I can remember the first “fab spam” outbreak like it was yesterday.Ever walk through a field and come out on the other end with burrs clinging to your clothes? Well, imagine something like those little burrs spilling out of your home fabber. Embedding themselves in the shag carpet. Attaching to an angry cat. Perforating your foot.
If you bothered to look closely, you might even have seen the maker’s mark … right beneath the words “Firewall Protection Software” or “Network Security Services”.
In a constantly-networked world, the most powerful decision you make is to shut off the connection.
It's Alive! Alive!: Take a look at this map of the growth of Walmart across the US, from 1962 to 2007. It's the most powerful argument I've yet seen for treating the study of markets as a form of epidemiology. It's a flash animation, so give it a minute.

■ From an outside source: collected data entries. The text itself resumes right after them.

ghost use Rattle.std.specs.Prelude.{◌≡◌, ◌≤◌};
ghost use Rattle.n32_outside.specs.Causes.{Rose};
ghost use Rattle.exercise_word.specs.Endings.{Ends, Writes};

use crate::playing::play;
use exercise_script::Summary;
use n32_outside::{OutFault, Sink};
use n32_values::Text;
use script_loop::{Ending, Machine, write_all};
use std::alloc::Global;

fn write_summary<O: Sink>(sink: &mut O, text: &Text) -> Ending
    ensures written { Writes text.now (O.written sink.old) (O.written sink.new) result }
    ensures writing { O.faults sink.old ≤ O.faults sink.new }
    ensures write_fault { result ≡ Ending.WriteFault → Rose (O.faults sink.old) (O.faults sink.new) }
{
    match write_all(sink, text.as_str().as_bytes()) {
        Ok(()) => Ending::Done,
        Err(OutFault::Failed) => Ending::WriteFault,
        Err(OutFault::NoMemory) => Ending::NoMemory,
    }
}

/// Has the machine answer each line of the script of `exercise N`, in order, and then writes the summary of the answers.
///
/// `Ends` says, by the ending, which lines were answered and what was written of the summary. The sink fails only where its
/// count rose.
pub fn run<O: Sink, M: Machine>(
    alloc: Global,
    messages: u32,
    sink: &mut O,
    machine: &mut M,
) -> Ending
    requires { M.ready machine.old }
    ensures ends { Ends M.gives M.gives_up messages machine.old machine.new (O.written sink.old) (O.written sink.new) result }
    ensures machine { M.later machine.old machine.new }
    ensures writing { O.faults sink.old ≤ O.faults sink.new }
    ensures write_fault { result ≡ Ending.WriteFault → Rose (O.faults sink.old) (O.faults sink.new) }
{
    let mut summary = Summary::new();
    let Ok(()) = play(alloc, messages, machine, &mut summary) else {
        return Ending::NoMemory;
    };
    let Ok(text) = summary.text(alloc, messages) else {
        return Ending::NoMemory;
    };
    write_summary(sink, &text)
}
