ghost use Rattle.std.specs.Prelude.{◌≡◌, ◌<◌, ◌^◌, Ok, length, slice_get, option_map, OnSome, MatchResult, map};
ghost use Rattle.spec_documents.specs.Hole.{places as places_of};
ghost use Rattle.enc_index.specs.Places.{place_view};
ghost use Rattle.enc_index.specs.Faults.{Tells};

use crate::settle::settled;
use crate::walk::found_in;
use json_ptr::Pointer;
use n32_values::{Doc, List, NoMemory};
use std::alloc::Global;
use std::marker::Model;

/// Where a hole stands: the pointer of its object. For a text hole it is the pointer of the path or of the query,
/// and the number of its segment or pair, from 0.
#[derive(Drop)]
pub struct Place {
    pub pointer: Pointer,
    pub part: Option<usize>,
}

/// The places of a block's holes, which contracts see as the list of places by index.
#[derive(Drop)]
pub struct Holes {
    places: List<Place>,
}

impl Model for Holes {
    ghost use Rattle.std.specs.Prelude.{List, map, length, ◌<◌, ◌^◌};
    ghost use Rattle.spec_documents.specs.Hole.{HolePlace};

    ghost Value = { List HolePlace };

    ghost use Rattle.enc_index.specs.Places.{place_view};

    ghost view = { λ h. map place_view h.places };

    ghost invariant = { λ h. length h.places < 2 ^ 32 };
}

impl Holes {
    /// How many holes there are.
    pub fn len(&self) -> usize
        ensures value { result ≡ length self.now }
        ensures small { result < 2 ^ 32 }
    {
        self.places.len()
    }

    /// The place of the hole with index `i`, or `None` exactly at or past the number of holes.
    pub fn get(&self, i: usize) -> Option<&Place>
        ensures value { option_map (λ p. place_view p.now) result ≡ slice_get self.now i }
        ensures within { OnSome result (i < length self.now) }
    {
        self.places.get(i)
    }

    // The place of a hole that is there.
    pub(crate) fn item(&self, i: usize) -> &Place
        requires { i < length self.now }
        ensures { slice_get self.now i ≡ Some (place_view result.now) }
    {
        self.places.item(i)
    }

    pub(crate) fn of_places(places: List<Place>) -> Holes
        requires { length places < 2 ^ 32 }
        ensures { result ≡ map place_view places }
    {
        Holes { places }
    }
}

/// Why a block doesn't have each of so many holes once: the first `BadHole` in walking order, else the first `Twice` in
/// walking order, else the least `Missing`.
#[derive(Drop)]
pub enum HolesFault {
    /// Here stands an object with a member `encBlockIndex` that is no hole, or a hole whose index isn't below the count.
    BadHole(Place),
    /// The hole with this index stood before.
    Twice(u32),
    /// There is no hole with this index.
    Missing(u32),
    NoMemory,
}

impl From<NoMemory> for HolesFault {
    ghost use Rattle.enc_index.specs.declared.holes.HolesFault.TheVariants.{NoMemory as no_memory};
    ghost use Rattle.std.specs.Prelude.{◌≡◌};

    ghost from_gives = { λ _ e. e ≡ no_memory };

    fn from(_refused: NoMemory) -> HolesFault {
        HolesFault::NoMemory
    }
}

/// The places of a block's holes, whose indexes are those below `count`, each once. Every document is walked: path
/// segments, query pairs, the values of `headers`, and all at or beneath the values of `payload`, nodes before their
/// members. What has another form is passed over.
pub fn places(alloc: Global, block: &Doc, count: u32) -> Result<Holes, HolesFault>
    ensures { MatchResult result
        (λ holes. places_of block.now count ≡ Ok holes)
        (λ fault. Tells fault (places_of block.now count)) }
{
    let found = found_in(alloc, block.node())?;
    settled(alloc, found, count)
}
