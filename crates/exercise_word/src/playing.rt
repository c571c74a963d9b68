// The lines of the script, answered one after another.
ghost use Rattle.std.specs.Prelude.{◌≡◌, [], OnOk, OnErr};
ghost use Rattle.spec_exercise.specs.Documents as spec;
ghost use Rattle.exercise_script.specs.View.{line_view};
ghost use Rattle.exercise_script.specs.Sums.{HasTaken};
ghost use Rattle.exercise_word.specs.Playing.{PlaysLine, LosesLine, PlaysAll, StopsPlaying};

use exercise_script::{Line, Script, Summary, line_text};
use n32_values::NoMemory;
use script_loop::Machine;
use std::alloc::Global;

// Answers a line, and has the summary take the answer.
fn play_line<M: Machine>(
    alloc: Global,
    machine: &mut M,
    summary: &mut Summary,
    number: u64,
    line: Line,
) -> Result<(), NoMemory>
    requires { M.ready machine.old }
    ensures ok { OnOk result (PlaysLine M.gives machine.old number (spec.line_text (line_view line)) machine.new summary.old summary.new) }
    ensures ready { OnOk result (M.ready machine.new) }
    ensures err { OnErr result (LosesLine M.gives M.gives_up machine.old number (spec.line_text (line_view line)) machine.new) }
    ensures later { M.later machine.old machine.new }
{
    let text = line_text(alloc, line)?;
    let answer = machine.answer(alloc, number, text.as_slice())?;
    summary.take(alloc, answer.as_slice())?;
    Ok(())
}

/// Answers each line of the script with so many messages, and has the summary, which took nothing yet, take the answers.
pub(crate) fn play<M: Machine>(
    alloc: Global,
    messages: u32,
    machine: &mut M,
    summary: &mut Summary,
) -> Result<(), NoMemory>
    requires ready { M.ready machine.old }
    requires new { HasTaken summary.old [] }
    ensures ok { OnOk result (PlaysAll M.gives messages machine.old machine.new summary.new) }
    ensures err { OnErr result (StopsPlaying M.gives M.gives_up messages machine.old machine.new) }
    ensures later { M.later machine.old machine.new }
{
    let mut script = Script::new(messages);
    let mut number: u64 = 0;
    while let Some(line) = script.next_line() {
        number += 1;
        play_line(alloc, machine, summary, number, line)?;
    }
    Ok(())
}
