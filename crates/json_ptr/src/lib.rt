//! JSON Pointers (RFC 6901): read, written and compared, and the node at one.
#![tactic(auto)]

mod index;
mod reader;
mod spell;

ghost use Rattle.std.specs.Prelude.{◌≡◌, [], ◌∷◌, ◌++◌, ◌<◌, Ok, Err, Some, MatchResult, OnOk, OnErr, OnSome, IfOk, IsTrue, ◌↔◌, length, slice_get, take, bytes_eq};
ghost use Rattle.std.specs.Option.{option_copied};
ghost use Rattle.spec_documents.specs.Place.{at, child, is_prefix as begins_with};
ghost use Rattle.n32_values.specs.View.{tree_of};
ghost use Rattle.json_ptr.specs.Causes.{cause_of};

pub use index::{capped_number, is_dash, is_index};
use n32_values::{NoMemory, Node, NodeList, Text, TextList};
pub use reader::{PointerRead, read_pointer};
pub use spell::pointer_text;
use std::alloc::Global;
use std::marker::Model;

/// A JSON Pointer (RFC 6901): a list of tokens, each the name of a member or the index of an item.
#[derive(Drop)]
pub struct Pointer {
    tokens: TextList,
}

impl Model for Pointer {
    ghost use Rattle.std.specs.Prelude.{List, ℕ};

    ghost Value = { List (List ℕ) };

    ghost view = { λ p. p.tokens };
}

impl Pointer {
    /// The pointer without tokens, which is the place of the whole document. It takes no memory.
    pub fn new(alloc: Global) -> Pointer
        ensures { result ≡ [] }
    {
        Pointer {
            tokens: TextList::new(alloc),
        }
    }

    /// The pointer of these tokens, made without taking memory.
    pub fn from_tokens(tokens: TextList) -> Pointer
        ensures { result ≡ tokens }
    {
        Pointer { tokens }
    }

    /// Gives the tokens back without taking memory.
    pub fn into_tokens(self) -> TextList
        ensures { result ≡ self }
    {
        let Pointer { tokens } = self;
        tokens
    }

    /// Its tokens.
    pub fn tokens(&self) -> &TextList
        ensures { result.now ≡ self.now }
    {
        &self.tokens
    }

    /// How many tokens it has.
    pub fn len(&self) -> usize
        ensures { result ≡ length self.now }
    {
        self.tokens.len()
    }

    /// Whether it has no token.
    pub fn is_empty(&self) -> bool
        ensures { IsTrue result ↔ (self.now ≡ []) }
    {
        self.tokens.is_empty()
    }

    /// The token at place `i`, or `None` exactly at or past the end.
    pub fn get(&self, i: usize) -> Option<&Text>
        ensures value { option_copied result ≡ slice_get self.now i }
        ensures within { OnSome result (i < length self.now) }
    {
        self.tokens.get(i)
    }

    /// The token at a place that is there.
    pub fn token(&self, i: usize) -> &Text
        requires { i < length self.now }
        ensures { slice_get self.now i ≡ Some result.now }
    {
        self.tokens.item(i)
    }

    /// Adds a token at the end. A refused push leaves the pointer as it was, and lets the token go.
    pub fn push(&mut self, token: Text) -> Result<(), NoMemory>
        ensures ok { OnOk result (self.new ≡ self.old ++ token ∷ []) }
        ensures err { OnErr result (self.new ≡ self.old) }
    {
        self.tokens.push(token)
    }

    /// Lets the tokens go that stand past the first `length`.
    pub fn truncate(&mut self, length: usize)
        ensures { self.new ≡ take length self.old }
    {
        self.tokens.truncate(length)
    }

    /// An equal pointer.
    pub fn copy(&self, alloc: Global) -> Result<Pointer, NoMemory>
        ensures { IfOk result (λ p. p ≡ self.now) }
    {
        Ok(Pointer {
            tokens: self.tokens.copy(alloc)?,
        })
    }
}

/// Whether the tokens of `front` are the first ones of `whole`, which may be all of them.
pub fn is_prefix(front: &Pointer, whole: &Pointer) -> bool
    ensures { result ≡ begins_with front.now whole.now }
{
    if front.len() > whole.len() {
        return false;
    }
    for i in 0..front.len() {
        if !is_same(front.token(i), whole.token(i)) {
            return false;
        }
    }
    true
}

fn is_same(left: &Text, right: &Text) -> bool
    ensures { result ≡ bytes_eq left.now right.now }
{
    left.as_str() == right.as_str()
}

/// Why nothing is at a place, by the first token that fails.
#[derive(Clone, Copy, Debug, PartialEq, Eq, Drop)]
pub enum FindFault {
    /// The token names no member or item. `-` and an index past the end are among these.
    NoPlace,
    /// The token meets a list, and is neither `-` nor an index: `0`, or digits without a leading zero.
    BadIndex,
}

/// The node at a place (RFC 6901, section 4).
#[tactic(auto, using(n32_values::proofs::Trees::drop_at))]
pub fn find<'a>(node: &'a Node, pointer: &Pointer) -> Result<&'a Node, FindFault>
    ensures { MatchResult result
        (λ n. at (tree_of node.now) pointer.now ≡ Ok (tree_of n.now))
        (λ e. at (tree_of node.now) pointer.now ≡ Err (cause_of e)) }
{
    let mut place = node;
    for i in 0..pointer.len() {
        place = step(place, pointer.token(i).as_str())?;
    }
    Ok(place)
}

/// The member or item that a token names: one step of `find`.
pub fn step<'a>(node: &'a Node, token: &str) -> Result<&'a Node, FindFault>
    ensures { MatchResult result
        (λ n. child token.now (tree_of node.now) ≡ Ok (tree_of n.now))
        (λ e. child token.now (tree_of node.now) ≡ Err (cause_of e)) }
{
    match node {
        Node::Items(list) => item_at(list, token),
        Node::Members(map) => match map.get(token) {
            Some(member) => Ok(member),
            None => Err(FindFault::NoPlace),
        },
        _ => Err(FindFault::NoPlace),
    }
}

ghost use Rattle.spec_documents.specs.Tree.{items, trees};

fn item_at<'a>(list: &'a NodeList, token: &str) -> Result<&'a Node, FindFault>
    ensures { MatchResult result
        (λ n. child token.now (items (trees list.now)) ≡ Ok (tree_of n.now))
        (λ e. child token.now (items (trees list.now)) ≡ Err (cause_of e)) }
{
    let bytes = token.as_bytes();
    if index::is_index(bytes) {
        let i = index::capped_number(bytes);
        if i < list.len() {
            Ok(list.item(i))
        } else {
            Err(FindFault::NoPlace)
        }
    } else if index::is_dash(bytes) {
        Err(FindFault::NoPlace)
    } else {
        Err(FindFault::BadIndex)
    }
}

Walmart's dominance rests on three key factors: cheap oil; cheap labor; and limited transparency. All three of these factors have been called into question, and at least two are very likely to go away in the near future (cheap oil & limited transparency). Cheap labor may take a bit longer, but it's probably not long for the world, at least priced in dollars.
Of course, the fabbers referenced above may end up being the final coffin-nail for companies like Walmart.
I wonder what the map of this giant's collapse will look like.
Santa Claus Conquers the Martians: Well, not yet, but with the north pole turning into a big pond, Santa & company will be looking for new digs. Where better than Mars, where the Phoenix lander has now detected the presence of snow falling in the thin air.
A laser instrument designed to gather knowledge of how the atmosphere and surface interact on Mars has detected snow from clouds about 4 kilometers (2.5 miles) above the spacecraft’s landing site, the researchers reported. Data show the snow vaporizing before reaching the ground.“Nothing like this” has been found before on Mars, said Jim Whiteway of York University, Toronto, lead scientist for the Canadian-supplied Meteorological Station on Phoenix. “We’ll be looking for signs that the snow may even reach the ground.” No photographs were taken of the purported snow.
Mars Phoenix is at the planet's south pole, and the long Martian summer has now turned to autumn. It's likely that the lander will go quiet before conditions would allow snowfall closer to the ground.
Comments
Nice logo - I like it.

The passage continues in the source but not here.